The group has released a report saying exploration companies believe oil and gas within Irish waters is worth €1.6 trillion.

Shell to Sea activists clash with Gardai after they blocked the path of Shell machinery in Co Mayo in July. The group says Ireland's oil and gas reserves are worth €1.6 trillion.
Shell to Sea activists clash with Gardai after they blocked the path of Shell machinery in Co Mayo in July. The group says Ireland's oil and gas reserves are worth €1.6 trillion.
Image: Niall Carson/PA Wire

THE SHELL TO SEA group has released a report in which it claims that exploration companies believe the oil and gas reserves off Irish waters are worth over €1.6 trillion.

The group says its “groundbreaking” Liquid Assets report – which can be downloaded from its website – is the first time that the explorers’ own valuations of the sites they are licensed to explore have been collated – resulting in a figure which it says exposes the government’s failure to manage the nation’s natural resources.

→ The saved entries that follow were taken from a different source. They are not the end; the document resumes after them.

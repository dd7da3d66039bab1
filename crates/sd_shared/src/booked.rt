//! What lies behind the lock of the core, and what one turn does: one hold of that lock. Nothing else in this crate
//! reaches the core.
ghost use Rattle.std.specs.Prelude.{◌≡◌, ◌≢◌, ◌⊎◌, ◌&&◌, false, true, not, IfErr, IfSome};
ghost use Rattle.sd_command.specs.declared.refusal.Refusal.TheVariants.{Idle};
ghost use Rattle.sd_command.specs.declared.reply.Reply.TheVariants as reply;
ghost use Rattle.sd_crash_safety.specs.Calls.{IsUnjournaled};
ghost use Rattle.sd_core.specs.declared.taken.Taken.TheVariants as taken;
ghost use Rattle.sd_shared.specs.declared.next.Next.TheVariants as next;
ghost use Rattle.sd_core.specs.Called.{IsApplied, IsCancelOrder, IsHandedIn, IsTakenUp};
ghost use Rattle.sd_shared.specs.Told.{ends_job, is_refused};
ghost use Rattle.sd_shared.specs.Turns.{IsOrder, IsSorted, IsTrimmed, counted, ended_after, ends_waits, holds_waits};
ghost use Rattle.sd_shared.specs.Turns.{job_number, jobs_after, taken_of, thaw_of, turned};

use crate::driving::ends_job;
use crate::jobs::Jobs;
use crate::next::Next;
use crate::ordering::OneOrder;
use crate::owed_call::OwedCall;
use crate::seat::Seat;
use crate::thaw::Thaw;
use crate::waits_ended::WaitsEnded;
use crate::waking::Waking;
use sd_command::{Command, Refusal, Reply};
use sd_core::{Core, Taken};
use sd_gate::{Outcome, Worker};
use sd_receipts::Folded;

/// A core, how many drivers the jobs of its workers had, and whether the waits for a thaw were ended.
#[derive(Drop)]
pub(crate) struct Booked {
    core: Core,
    jobs: Jobs,
    ended: bool,
}

/// Orders a worker's job.
fn order(core: &mut Core, worker: Worker, rounds: u64) -> Reply
    ensures { IsOrder worker rounds result core.old core.new }
{
    match worker {
        Worker::Dumper => core.begin(rounds),
        Worker::Merger => core.merge(),
        Worker::Opener => core.reopen(),
    }
}

/// Whether a step was refused.
fn is_refused(step: &Next) -> bool
    ensures { result ≡ is_refused (taken_of step.now) }
{
    matches!(step, Next::Step(Reply::Refused(_)))
}

impl Booked {
    /// A core of which no job was begun here, and whose waits weren't ended.
    pub(crate) fn new(core: Core) -> Booked
        ensures core { result.core ≡ core }
        ensures waits { result.ended ≡ false }
    {
        Booked {
            core,
            jobs: Jobs::none(),
            ended: false,
        }
    }

    /// The core alone.
    pub(crate) fn into_core(self) -> Core
        ensures { result ≡ self.core }
    {
        self.core
    }

    /// Whether commands are refused as frozen until a worker goes on, and whoever waits for that goes on waiting.
    pub(crate) fn holds_waits(&self) -> bool
        ensures { result ≡ holds_waits self.now }
    {
        self.core.is_frozen() && !self.core.is_down() && !self.ended
    }

    /// How a wait for the end of a freeze ended, where nobody is to wait any more.
    pub(crate) fn thaw(&self) -> Thaw
        ensures { result ≡ thaw_of self.now.core }
    {
        if !self.core.is_frozen() {
            Thaw::Thawed
        } else if self.core.is_down() {
            Thaw::Down
        } else {
            Thaw::Ended
        }
    }

    /// What is to be woken by a turn before which waits were held, or weren't.
    fn waking(&self, held: bool) -> Waking
        ensures { result.go_on ≡ (held && not (holds_waits self.now)) }
    {
        Waking::new(held && !self.holds_waits())
    }

    /// Ends the waits until the next checkpoint begins.
    pub(crate) fn end_waits(&mut self) -> (WaitsEnded, Waking)
        ensures core { self.new.core ≡ self.old.core }
        ensures jobs { self.new.jobs ≡ self.old.jobs }
        ensures ended { self.new.ended ≡ true }
        ensures wakes { result.1.go_on ≡ ends_waits self.old self.new }
    {
        let held = self.holds_waits();
        self.ended = true;
        (WaitsEnded::of(self), self.waking(held))
    }

    /// Applies a command of a seat, and journals a copy of it, which was made before the lock was taken, where there
    /// was room for it. Returns the entry's number and the reply. It is one turn of that seat, and ends no wait.
    ///
    /// # Errors
    ///
    /// As `Core::apply`.
    pub(crate) fn command(
        &mut self,
        seat: &mut Seat,
        command: &Command,
        copy: Option<Command>,
    ) -> Result<(u64, Reply), Refusal>
        requires copy { IfSome copy (λ own. own ≡ command.now) }
        ensures turn { IsApplied seat.old.number command.now result self.old.core self.new.core }
        ensures refuses { IfErr result IsUnjournaled }
        ensures once { seat.new ≡ turned seat.old }
        ensures jobs { self.new.jobs ≡ self.old.jobs }
        ensures ended { self.new.ended ≡ self.old.ended }
        ensures waits { holds_waits self.new ≡ holds_waits self.old }
    {
        seat.turns = seat.turns.wrapping_add(1);
        match copy {
            Some(copy) => self.core.apply_owned(seat.number, copy),
            None => self.core.apply(seat.number, command),
        }
    }

    /// Orders a worker's job. Returns the reply, and the number of the job's driver, where it was begun. From a
    /// checkpoint's beginning on waits are held again.
    pub(crate) fn order(
        &mut self,
        one: OneOrder,
        worker: Worker,
        rounds: u64,
    ) -> (Reply, u64, Waking)
        ensures turn { IsOrder worker rounds result.0 self.old.core self.new.core }
        ensures number { ends_job result.0 ≡ false
            → (self.new.jobs ≡ counted worker self.old.jobs) × (result.1 ≡ job_number self.new.jobs worker) }
        ensures refused { ends_job result.0 ≡ true → self.new.jobs ≡ self.old.jobs }
        ensures ended { self.new.ended ≡ ended_after worker result.0 self.old.ended }
        ensures wakes { result.2.go_on ≡ ends_waits self.old self.new }
    {
        one.end();
        let held = self.holds_waits();
        let reply = order(&mut self.core, worker, rounds);
        if !ends_job(&reply) {
            self.jobs.count(worker);
            self.ended = !matches!(worker, Worker::Dumper) && self.ended;
        }
        (reply, self.jobs.of(worker), self.waking(held))
    }

    /// Makes the next step of a worker's job, or takes its next device call up.
    fn next(&mut self, worker: Worker) -> Next
        ensures turn { IsTakenUp worker self.old.core (taken_of result) self.new.core }
        ensures pages { IsSorted result self.new.core }
        ensures jobs { self.new.jobs ≡ self.old.jobs }
        ensures ended { self.new.ended ≡ self.old.ended }
    {
        match self.core.take_up(worker) {
            Taken::Step(reply) => Next::Step(reply),
            Taken::Call(request) if self.core.is_page_write(&request.id()) => {
                Next::PageWrite(OwedCall::new(request))
            }
            Taken::Call(request) => Next::Call(OwedCall::new(request)),
        }
    }

    /// Makes the next step of a worker's job, or takes its next device call up, and says which calls may be made
    /// beside others.
    ///
    /// # Errors
    ///
    /// `Idle` where the driver with this number isn't the one of the job that was begun or gone on with last. Else as
    /// `Core::take_up`.
    pub(crate) fn take_up(&mut self, worker: Worker, job: u64) -> (Next, Waking)
        ensures other { job ≢ job_number self.old.jobs worker
            → (result.0 ≡ next.Step (reply.Refused Idle)) × (self.new ≡ self.old) }
        ensures either { ((job ≢ job_number self.old.jobs worker)
            × (taken_of result.0 ≡ taken.Step (reply.Refused Idle)))
            ⊎ ((job ≡ job_number self.old.jobs worker)
            × IsTakenUp worker self.old.core (taken_of result.0) self.new.core) }
        ensures pages { IsSorted result.0 self.new.core }
        ensures jobs { self.new.jobs ≡ self.old.jobs }
        ensures ended { self.new.ended ≡ self.old.ended }
        ensures wakes { result.1.go_on ≡ ends_waits self.old self.new }
    {
        let held = self.holds_waits();
        if self.jobs.of(worker) != job {
            return (Next::Step(Reply::Refused(Refusal::Idle)), self.waking(held));
        }
        let next = self.next(worker);
        (next, self.waking(held))
    }

    /// Goes on with the job of a worker that was begun last, for a driver of its own: where its step isn't refused, the
    /// driver before it is idle from now on. Returns the number of the job's driver too.
    pub(crate) fn resume(&mut self, worker: Worker) -> (u64, Next, Waking)
        ensures number { result.0 ≡ job_number self.new.jobs worker }
        ensures turn { IsTakenUp worker self.old.core (taken_of result.1) self.new.core }
        ensures jobs { self.new.jobs ≡ jobs_after worker (taken_of result.1) self.old.jobs }
        ensures ended { self.new.ended ≡ self.old.ended }
        ensures wakes { result.2.go_on ≡ ends_waits self.old self.new }
    {
        let held = self.holds_waits();
        let next = self.next(worker);
        if !is_refused(&next) {
            self.jobs.count(worker);
        }
        (self.jobs.of(worker), next, self.waking(held))
    }

    /// Hands an outcome in.
    pub(crate) fn hand_in(&mut self, outcome: Outcome) -> (Reply, Waking)
        ensures turn { IsHandedIn outcome result.0 self.old.core self.new.core }
        ensures jobs { self.new.jobs ≡ self.old.jobs }
        ensures ended { self.new.ended ≡ self.old.ended }
        ensures wakes { result.1.go_on ≡ ends_waits self.old self.new }
    {
        let held = self.holds_waits();
        let reply = self.core.hand_in(outcome);
        (reply, self.waking(held))
    }

    /// Cancels the checkpoint that runs or is pending.
    pub(crate) fn cancel(&mut self, one: OneOrder) -> (Reply, Waking)
        ensures turn { IsCancelOrder result.0 self.old.core self.new.core }
        ensures jobs { self.new.jobs ≡ self.old.jobs }
        ensures ended { self.new.ended ≡ self.old.ended }
        ensures wakes { result.1.go_on ≡ ends_waits self.old self.new }
    {
        one.end();
        let held = self.holds_waits();
        let reply = self.core.cancel();
        (reply, self.waking(held))
    }

    /// Trims the journal, as `Core::trim`.
    ///
    /// # Errors
    ///
    /// As `Core::trim`. Nothing changed.
    pub(crate) fn trim(&mut self, one: OneOrder) -> (Result<Folded, Refusal>, Waking)
        ensures turn { IsTrimmed result.0 self.old.core self.new.core }
        ensures jobs { self.new.jobs ≡ self.old.jobs }
        ensures ended { self.new.ended ≡ self.old.ended }
        ensures wakes { result.1.go_on ≡ ends_waits self.old self.new }
    {
        one.end();
        let held = self.holds_waits();
        let folded = self.core.trim();
        (folded, self.waking(held))
    }
}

“By trawling through figures published by oil exploration companies, researchers compiled companies’ estimates for a total of 69 different discoveries, ‘prospects’ and other areas licensed for oil and gas exploration,” the group said.

“The combined total of those company estimates is 20,964 million barrels of oil equivalent (of oil or gas), worth €1,600 billion at today’s prices.”

Socialist MEP Paul Murphy, who launched the report, said the general public was “increasingly aware that Ireland’s ‘take’ from its oil and gas is far lower than in other countries”.

“The Government and oil industry have defended this by insisting that ‘attractive’ terms will lead to investment, jobs and our own supply of oil,” he said – an image that was somewhat undermined by the report’s showing that extraction of Irish resources may not benefit Ireland at all in terms of employment or supply.

“The Government and oil industry defend Ireland’s giveaway licensing terms by claiming that Ireland is an ‘unproven territory’, where exploration is minimal,” added Dublin Shell to Sea spokesman Criostóir MacCuirc.

“This painstaking new research tells a different story.”

Current Irish law levies a tax of 25 per cent on profits made from the sale of Irish resources, but allows exploration costs to be written off against this – meaning the true extent of a possible Irish tax take remains unknown.

An image from the Shell to Sea report mapping the various oil and gas reserves identified off Irish waters. Source: Shell to Sea.

Read: More oil off Cork coast, says Providence

In depth: How much is the Barryroe oil find actually worth to us?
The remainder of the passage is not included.